*** Opening The records ***

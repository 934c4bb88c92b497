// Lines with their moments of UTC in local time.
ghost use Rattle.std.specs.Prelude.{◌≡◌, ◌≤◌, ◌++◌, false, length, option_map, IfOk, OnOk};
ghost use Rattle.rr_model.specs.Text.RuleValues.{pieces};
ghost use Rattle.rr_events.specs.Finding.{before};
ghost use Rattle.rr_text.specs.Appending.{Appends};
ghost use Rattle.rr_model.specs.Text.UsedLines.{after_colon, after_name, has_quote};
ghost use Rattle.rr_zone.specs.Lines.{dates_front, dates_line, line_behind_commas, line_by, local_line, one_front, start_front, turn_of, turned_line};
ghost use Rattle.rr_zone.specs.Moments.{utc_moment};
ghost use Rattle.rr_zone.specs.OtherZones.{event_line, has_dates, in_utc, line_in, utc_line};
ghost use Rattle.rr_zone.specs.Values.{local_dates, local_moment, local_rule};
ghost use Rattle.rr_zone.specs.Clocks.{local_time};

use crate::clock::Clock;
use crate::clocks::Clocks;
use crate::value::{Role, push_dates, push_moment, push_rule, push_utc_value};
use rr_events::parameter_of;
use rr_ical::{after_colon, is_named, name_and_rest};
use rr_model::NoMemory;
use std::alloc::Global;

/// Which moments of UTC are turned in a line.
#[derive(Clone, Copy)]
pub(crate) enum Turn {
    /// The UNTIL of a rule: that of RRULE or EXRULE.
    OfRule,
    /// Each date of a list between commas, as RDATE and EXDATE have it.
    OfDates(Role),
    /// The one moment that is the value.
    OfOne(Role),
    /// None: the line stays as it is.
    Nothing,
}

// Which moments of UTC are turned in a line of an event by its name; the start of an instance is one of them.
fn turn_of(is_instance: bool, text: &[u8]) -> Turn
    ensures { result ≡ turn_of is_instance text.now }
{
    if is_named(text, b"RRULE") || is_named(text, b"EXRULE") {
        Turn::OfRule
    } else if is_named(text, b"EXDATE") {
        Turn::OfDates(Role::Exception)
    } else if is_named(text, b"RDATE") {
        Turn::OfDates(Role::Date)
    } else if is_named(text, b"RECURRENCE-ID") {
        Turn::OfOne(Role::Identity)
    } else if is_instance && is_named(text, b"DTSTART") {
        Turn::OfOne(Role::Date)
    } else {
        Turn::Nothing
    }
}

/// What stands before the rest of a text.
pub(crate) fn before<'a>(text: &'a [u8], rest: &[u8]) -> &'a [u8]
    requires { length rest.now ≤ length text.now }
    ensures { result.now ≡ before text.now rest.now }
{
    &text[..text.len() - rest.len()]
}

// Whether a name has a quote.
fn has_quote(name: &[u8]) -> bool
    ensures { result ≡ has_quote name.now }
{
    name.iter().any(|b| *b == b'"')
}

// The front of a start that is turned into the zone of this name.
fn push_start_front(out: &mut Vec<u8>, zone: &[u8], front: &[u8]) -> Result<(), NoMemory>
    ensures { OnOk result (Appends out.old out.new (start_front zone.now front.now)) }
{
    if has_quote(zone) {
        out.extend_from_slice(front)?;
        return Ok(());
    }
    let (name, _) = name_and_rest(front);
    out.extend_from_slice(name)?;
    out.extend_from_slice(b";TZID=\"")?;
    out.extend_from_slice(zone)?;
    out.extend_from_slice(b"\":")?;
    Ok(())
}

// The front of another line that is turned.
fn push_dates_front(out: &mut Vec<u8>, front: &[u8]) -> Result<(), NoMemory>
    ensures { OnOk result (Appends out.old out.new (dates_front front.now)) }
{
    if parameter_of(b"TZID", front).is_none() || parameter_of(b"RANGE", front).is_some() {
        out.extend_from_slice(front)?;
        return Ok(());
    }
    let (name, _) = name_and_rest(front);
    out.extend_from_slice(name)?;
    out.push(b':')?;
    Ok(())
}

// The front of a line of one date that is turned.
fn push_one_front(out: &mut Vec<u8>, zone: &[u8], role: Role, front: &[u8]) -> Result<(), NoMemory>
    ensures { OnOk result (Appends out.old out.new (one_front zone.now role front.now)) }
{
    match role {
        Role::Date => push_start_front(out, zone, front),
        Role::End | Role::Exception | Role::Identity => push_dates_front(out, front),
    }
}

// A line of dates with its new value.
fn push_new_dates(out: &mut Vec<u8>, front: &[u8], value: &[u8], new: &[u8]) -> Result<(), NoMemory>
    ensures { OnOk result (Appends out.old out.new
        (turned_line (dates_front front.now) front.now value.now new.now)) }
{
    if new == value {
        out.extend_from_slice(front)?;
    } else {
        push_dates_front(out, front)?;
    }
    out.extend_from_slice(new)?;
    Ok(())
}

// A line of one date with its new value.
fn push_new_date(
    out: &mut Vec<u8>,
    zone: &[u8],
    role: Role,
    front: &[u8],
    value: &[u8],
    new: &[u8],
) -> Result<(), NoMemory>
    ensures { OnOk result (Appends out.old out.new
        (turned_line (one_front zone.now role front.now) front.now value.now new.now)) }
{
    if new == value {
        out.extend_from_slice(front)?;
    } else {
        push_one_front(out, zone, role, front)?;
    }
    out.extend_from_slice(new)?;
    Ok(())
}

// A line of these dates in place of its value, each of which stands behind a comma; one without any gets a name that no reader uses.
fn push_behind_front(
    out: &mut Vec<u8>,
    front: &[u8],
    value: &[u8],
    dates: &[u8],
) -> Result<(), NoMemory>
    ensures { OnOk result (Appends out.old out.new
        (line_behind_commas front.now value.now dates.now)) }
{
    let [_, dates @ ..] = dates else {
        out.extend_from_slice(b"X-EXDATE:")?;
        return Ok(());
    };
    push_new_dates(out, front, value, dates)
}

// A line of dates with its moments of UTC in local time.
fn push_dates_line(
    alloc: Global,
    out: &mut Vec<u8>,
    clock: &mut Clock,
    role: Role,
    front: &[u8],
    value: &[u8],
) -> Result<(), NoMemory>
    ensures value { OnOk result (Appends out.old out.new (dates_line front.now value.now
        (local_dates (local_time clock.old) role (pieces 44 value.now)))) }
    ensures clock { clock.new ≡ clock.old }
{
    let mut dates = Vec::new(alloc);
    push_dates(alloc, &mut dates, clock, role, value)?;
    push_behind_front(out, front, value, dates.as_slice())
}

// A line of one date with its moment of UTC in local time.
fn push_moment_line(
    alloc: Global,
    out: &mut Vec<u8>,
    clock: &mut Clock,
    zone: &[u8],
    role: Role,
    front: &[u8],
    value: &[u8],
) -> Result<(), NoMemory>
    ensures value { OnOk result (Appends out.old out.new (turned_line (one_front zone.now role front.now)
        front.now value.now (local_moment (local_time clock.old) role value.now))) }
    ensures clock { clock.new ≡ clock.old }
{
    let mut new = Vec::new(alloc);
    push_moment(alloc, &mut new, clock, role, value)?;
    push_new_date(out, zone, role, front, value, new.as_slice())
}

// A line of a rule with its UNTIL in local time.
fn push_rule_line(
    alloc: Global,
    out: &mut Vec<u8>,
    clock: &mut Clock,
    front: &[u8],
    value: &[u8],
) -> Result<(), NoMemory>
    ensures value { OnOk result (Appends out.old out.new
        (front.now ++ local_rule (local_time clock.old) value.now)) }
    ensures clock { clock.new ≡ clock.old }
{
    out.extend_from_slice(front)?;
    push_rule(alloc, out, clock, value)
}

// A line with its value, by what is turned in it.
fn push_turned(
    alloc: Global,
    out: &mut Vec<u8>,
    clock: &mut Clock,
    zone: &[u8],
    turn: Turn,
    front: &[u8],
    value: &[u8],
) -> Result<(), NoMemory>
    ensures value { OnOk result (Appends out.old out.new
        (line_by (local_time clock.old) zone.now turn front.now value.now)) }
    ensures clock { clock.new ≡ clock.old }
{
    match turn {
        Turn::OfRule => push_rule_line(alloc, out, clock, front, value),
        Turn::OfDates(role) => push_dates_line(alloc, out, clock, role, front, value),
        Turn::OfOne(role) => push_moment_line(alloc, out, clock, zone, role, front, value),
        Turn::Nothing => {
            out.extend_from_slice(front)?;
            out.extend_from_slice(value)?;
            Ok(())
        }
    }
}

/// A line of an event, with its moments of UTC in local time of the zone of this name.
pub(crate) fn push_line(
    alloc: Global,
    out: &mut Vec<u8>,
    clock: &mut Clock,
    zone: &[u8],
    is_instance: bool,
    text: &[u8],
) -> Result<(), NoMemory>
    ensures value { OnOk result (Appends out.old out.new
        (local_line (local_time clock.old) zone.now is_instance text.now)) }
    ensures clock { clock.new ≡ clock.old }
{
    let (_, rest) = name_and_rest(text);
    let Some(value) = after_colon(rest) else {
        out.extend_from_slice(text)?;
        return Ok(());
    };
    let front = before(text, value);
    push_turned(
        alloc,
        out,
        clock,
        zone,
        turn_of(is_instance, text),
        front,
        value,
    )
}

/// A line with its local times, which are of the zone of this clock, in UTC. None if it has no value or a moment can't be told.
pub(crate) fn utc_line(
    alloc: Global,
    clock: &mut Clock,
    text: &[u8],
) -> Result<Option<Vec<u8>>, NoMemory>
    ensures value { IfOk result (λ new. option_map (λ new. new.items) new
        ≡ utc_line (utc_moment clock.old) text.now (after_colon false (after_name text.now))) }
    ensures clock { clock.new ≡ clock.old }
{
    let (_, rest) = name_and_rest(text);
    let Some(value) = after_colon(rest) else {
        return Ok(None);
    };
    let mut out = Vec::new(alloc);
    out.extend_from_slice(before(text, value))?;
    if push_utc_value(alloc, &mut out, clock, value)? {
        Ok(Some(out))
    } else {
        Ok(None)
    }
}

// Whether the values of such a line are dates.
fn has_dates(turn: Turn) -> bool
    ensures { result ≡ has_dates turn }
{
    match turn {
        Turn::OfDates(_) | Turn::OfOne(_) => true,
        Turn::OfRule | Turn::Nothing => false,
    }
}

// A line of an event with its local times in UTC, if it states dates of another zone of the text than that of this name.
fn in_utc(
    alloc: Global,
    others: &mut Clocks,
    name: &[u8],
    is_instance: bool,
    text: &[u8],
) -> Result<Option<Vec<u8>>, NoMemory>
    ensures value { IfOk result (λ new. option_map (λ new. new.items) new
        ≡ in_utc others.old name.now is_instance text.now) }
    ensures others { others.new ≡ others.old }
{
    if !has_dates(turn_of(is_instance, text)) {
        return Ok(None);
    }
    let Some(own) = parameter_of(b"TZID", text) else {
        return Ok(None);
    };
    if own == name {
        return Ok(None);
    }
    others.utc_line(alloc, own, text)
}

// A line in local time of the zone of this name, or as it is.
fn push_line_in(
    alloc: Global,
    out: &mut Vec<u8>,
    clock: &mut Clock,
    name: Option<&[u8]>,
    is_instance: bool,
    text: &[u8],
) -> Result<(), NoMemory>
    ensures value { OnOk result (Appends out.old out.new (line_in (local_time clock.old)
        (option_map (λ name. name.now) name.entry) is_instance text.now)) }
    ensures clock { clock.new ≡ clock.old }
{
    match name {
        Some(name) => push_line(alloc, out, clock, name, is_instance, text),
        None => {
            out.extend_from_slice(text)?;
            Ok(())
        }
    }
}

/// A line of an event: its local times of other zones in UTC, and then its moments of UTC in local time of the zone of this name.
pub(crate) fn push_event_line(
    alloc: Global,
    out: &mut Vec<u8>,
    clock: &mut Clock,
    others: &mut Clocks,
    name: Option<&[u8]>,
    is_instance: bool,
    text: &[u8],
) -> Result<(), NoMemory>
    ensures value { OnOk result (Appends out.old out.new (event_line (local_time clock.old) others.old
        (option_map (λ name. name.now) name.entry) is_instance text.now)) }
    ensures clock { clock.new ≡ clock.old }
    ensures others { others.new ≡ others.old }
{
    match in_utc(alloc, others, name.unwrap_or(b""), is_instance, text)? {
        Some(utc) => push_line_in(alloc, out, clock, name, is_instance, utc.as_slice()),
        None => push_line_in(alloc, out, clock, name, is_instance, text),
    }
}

*** Closing The records ***
*** Opening The records ***

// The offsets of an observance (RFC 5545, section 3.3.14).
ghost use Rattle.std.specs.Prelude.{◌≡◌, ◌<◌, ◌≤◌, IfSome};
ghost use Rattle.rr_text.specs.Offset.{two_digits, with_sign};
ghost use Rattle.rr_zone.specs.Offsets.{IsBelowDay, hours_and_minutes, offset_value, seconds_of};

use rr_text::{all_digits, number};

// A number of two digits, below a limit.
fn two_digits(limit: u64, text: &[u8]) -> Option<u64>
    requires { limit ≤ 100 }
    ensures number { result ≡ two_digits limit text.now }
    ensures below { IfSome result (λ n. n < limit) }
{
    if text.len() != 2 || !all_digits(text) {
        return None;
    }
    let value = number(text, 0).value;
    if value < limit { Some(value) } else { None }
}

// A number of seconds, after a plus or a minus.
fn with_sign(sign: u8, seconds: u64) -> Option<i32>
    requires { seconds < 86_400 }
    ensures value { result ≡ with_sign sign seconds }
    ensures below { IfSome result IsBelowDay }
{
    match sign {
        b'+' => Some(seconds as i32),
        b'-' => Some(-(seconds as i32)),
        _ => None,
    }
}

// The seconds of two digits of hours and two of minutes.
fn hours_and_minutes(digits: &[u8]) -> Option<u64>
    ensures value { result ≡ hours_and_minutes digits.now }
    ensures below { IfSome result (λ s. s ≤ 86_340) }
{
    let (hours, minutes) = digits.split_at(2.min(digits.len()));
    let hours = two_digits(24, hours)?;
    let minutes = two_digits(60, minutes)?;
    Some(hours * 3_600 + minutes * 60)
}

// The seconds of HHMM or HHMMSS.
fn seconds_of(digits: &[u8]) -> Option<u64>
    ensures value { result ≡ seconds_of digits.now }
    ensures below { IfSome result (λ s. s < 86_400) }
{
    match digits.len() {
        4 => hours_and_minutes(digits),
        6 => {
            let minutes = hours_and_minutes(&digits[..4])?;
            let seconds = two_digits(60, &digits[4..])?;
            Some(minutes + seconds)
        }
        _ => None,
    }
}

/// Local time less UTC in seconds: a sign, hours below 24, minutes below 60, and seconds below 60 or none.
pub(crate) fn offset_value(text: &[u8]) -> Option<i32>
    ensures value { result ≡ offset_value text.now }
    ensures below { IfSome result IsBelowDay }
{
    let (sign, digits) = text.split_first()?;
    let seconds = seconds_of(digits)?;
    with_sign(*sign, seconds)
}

*** Closing The records ***
*** Opening The records ***

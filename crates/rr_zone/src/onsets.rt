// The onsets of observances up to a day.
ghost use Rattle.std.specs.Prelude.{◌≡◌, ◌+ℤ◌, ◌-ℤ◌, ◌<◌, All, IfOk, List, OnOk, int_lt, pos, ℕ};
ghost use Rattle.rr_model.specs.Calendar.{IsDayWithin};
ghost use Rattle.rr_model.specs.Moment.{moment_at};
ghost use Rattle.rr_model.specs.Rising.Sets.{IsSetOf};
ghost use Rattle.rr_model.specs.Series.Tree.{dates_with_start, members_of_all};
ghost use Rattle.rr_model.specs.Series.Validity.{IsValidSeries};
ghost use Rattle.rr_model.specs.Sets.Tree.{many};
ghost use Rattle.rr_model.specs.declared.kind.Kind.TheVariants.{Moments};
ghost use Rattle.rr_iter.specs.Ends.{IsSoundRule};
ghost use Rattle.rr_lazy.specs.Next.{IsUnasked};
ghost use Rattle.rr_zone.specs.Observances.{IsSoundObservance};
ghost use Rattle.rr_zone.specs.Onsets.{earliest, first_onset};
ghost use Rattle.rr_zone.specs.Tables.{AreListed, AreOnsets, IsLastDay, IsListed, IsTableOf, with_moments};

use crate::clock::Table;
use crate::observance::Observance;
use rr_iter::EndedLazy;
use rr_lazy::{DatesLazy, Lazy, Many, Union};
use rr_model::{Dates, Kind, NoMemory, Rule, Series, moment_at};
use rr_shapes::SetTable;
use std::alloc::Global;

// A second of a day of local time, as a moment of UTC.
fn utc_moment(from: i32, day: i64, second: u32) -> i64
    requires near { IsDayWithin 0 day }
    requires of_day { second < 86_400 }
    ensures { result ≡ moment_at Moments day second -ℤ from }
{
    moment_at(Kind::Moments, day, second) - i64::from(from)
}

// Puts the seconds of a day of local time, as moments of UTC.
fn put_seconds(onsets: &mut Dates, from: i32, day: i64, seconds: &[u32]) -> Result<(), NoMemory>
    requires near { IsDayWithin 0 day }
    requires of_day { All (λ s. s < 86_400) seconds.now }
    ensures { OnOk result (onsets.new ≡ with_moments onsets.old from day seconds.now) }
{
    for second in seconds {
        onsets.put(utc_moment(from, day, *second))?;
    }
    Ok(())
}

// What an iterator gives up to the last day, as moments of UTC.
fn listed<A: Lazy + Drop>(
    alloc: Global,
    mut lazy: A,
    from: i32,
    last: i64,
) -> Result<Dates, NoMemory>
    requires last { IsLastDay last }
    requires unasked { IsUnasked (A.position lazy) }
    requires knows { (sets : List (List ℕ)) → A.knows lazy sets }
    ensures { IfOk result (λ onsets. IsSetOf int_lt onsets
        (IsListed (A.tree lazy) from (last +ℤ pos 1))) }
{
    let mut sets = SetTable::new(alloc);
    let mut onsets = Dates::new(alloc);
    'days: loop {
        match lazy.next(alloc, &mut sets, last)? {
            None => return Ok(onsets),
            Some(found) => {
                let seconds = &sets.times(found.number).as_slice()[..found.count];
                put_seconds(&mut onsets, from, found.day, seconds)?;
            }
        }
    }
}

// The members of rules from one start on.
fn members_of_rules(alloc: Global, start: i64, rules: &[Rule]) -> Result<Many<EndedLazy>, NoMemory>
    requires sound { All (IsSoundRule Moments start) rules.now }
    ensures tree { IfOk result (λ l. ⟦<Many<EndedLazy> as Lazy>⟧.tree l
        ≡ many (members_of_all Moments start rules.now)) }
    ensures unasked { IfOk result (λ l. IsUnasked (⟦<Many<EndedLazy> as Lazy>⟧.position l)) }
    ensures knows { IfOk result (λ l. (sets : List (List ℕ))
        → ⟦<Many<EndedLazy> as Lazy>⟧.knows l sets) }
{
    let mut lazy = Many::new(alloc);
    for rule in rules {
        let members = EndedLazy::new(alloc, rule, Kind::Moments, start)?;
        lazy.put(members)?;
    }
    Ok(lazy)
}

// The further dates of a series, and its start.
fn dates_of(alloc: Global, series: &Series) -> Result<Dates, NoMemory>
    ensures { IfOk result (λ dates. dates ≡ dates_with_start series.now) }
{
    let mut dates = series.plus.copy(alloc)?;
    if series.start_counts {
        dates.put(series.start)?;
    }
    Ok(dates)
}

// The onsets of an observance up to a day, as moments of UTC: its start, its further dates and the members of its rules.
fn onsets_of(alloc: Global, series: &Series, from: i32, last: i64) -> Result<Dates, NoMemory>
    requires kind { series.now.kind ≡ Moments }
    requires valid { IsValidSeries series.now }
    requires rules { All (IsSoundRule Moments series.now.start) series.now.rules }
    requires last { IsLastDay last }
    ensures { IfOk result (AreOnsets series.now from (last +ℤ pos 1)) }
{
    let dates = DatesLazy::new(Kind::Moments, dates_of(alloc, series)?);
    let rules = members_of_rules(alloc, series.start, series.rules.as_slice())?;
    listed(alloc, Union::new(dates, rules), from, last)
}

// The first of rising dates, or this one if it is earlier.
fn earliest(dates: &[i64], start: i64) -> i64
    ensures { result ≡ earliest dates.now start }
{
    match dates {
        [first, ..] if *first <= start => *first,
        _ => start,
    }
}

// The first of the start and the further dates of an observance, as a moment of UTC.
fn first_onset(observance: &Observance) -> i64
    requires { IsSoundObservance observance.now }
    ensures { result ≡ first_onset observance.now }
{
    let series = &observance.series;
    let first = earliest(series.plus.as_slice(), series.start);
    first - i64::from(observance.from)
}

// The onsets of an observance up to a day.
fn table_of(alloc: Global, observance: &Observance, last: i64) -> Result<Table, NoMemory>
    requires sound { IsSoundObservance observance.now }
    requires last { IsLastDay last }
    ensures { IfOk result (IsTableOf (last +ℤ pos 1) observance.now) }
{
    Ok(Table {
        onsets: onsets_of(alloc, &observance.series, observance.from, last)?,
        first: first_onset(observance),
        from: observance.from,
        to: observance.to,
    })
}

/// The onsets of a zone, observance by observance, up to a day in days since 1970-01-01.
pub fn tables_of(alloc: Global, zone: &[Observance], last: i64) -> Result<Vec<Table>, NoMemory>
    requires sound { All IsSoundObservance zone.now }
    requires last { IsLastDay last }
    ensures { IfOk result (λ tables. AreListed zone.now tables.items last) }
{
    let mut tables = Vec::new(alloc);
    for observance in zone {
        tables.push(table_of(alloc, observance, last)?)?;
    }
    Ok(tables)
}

*** Closing The records ***

Exercise directions
Given the records above, restate word for word only the lines starting at the one with "repository 934c4bb88c92b497" and ending at the one with "#[derive(Clone, Copy)]".

Output of the task
repository 934c4bb88c92b497
// Lines with their moments of UTC in local time.
ghost use Rattle.std.specs.Prelude.{◌≡◌, ◌≤◌, ◌++◌, false, length, option_map, IfOk, OnOk};
ghost use Rattle.rr_model.specs.Text.RuleValues.{pieces};
ghost use Rattle.rr_events.specs.Finding.{before};
ghost use Rattle.rr_text.specs.Appending.{Appends};
ghost use Rattle.rr_model.specs.Text.UsedLines.{after_colon, after_name, has_quote};
ghost use Rattle.rr_zone.specs.Lines.{dates_front, dates_line, line_behind_commas, line_by, local_line, one_front, start_front, turn_of, turned_line};
ghost use Rattle.rr_zone.specs.Moments.{utc_moment};
ghost use Rattle.rr_zone.specs.OtherZones.{event_line, has_dates, in_utc, line_in, utc_line};
ghost use Rattle.rr_zone.specs.Values.{local_dates, local_moment, local_rule};
ghost use Rattle.rr_zone.specs.Clocks.{local_time};

use crate::clock::Clock;
use crate::clocks::Clocks;
use crate::value::{Role, push_dates, push_moment, push_rule, push_utc_value};
use rr_events::parameter_of;
use rr_ical::{after_colon, is_named, name_and_rest};
use rr_model::NoMemory;
use std::alloc::Global;

/// Which moments of UTC are turned in a line.
#[derive(Clone, Copy)]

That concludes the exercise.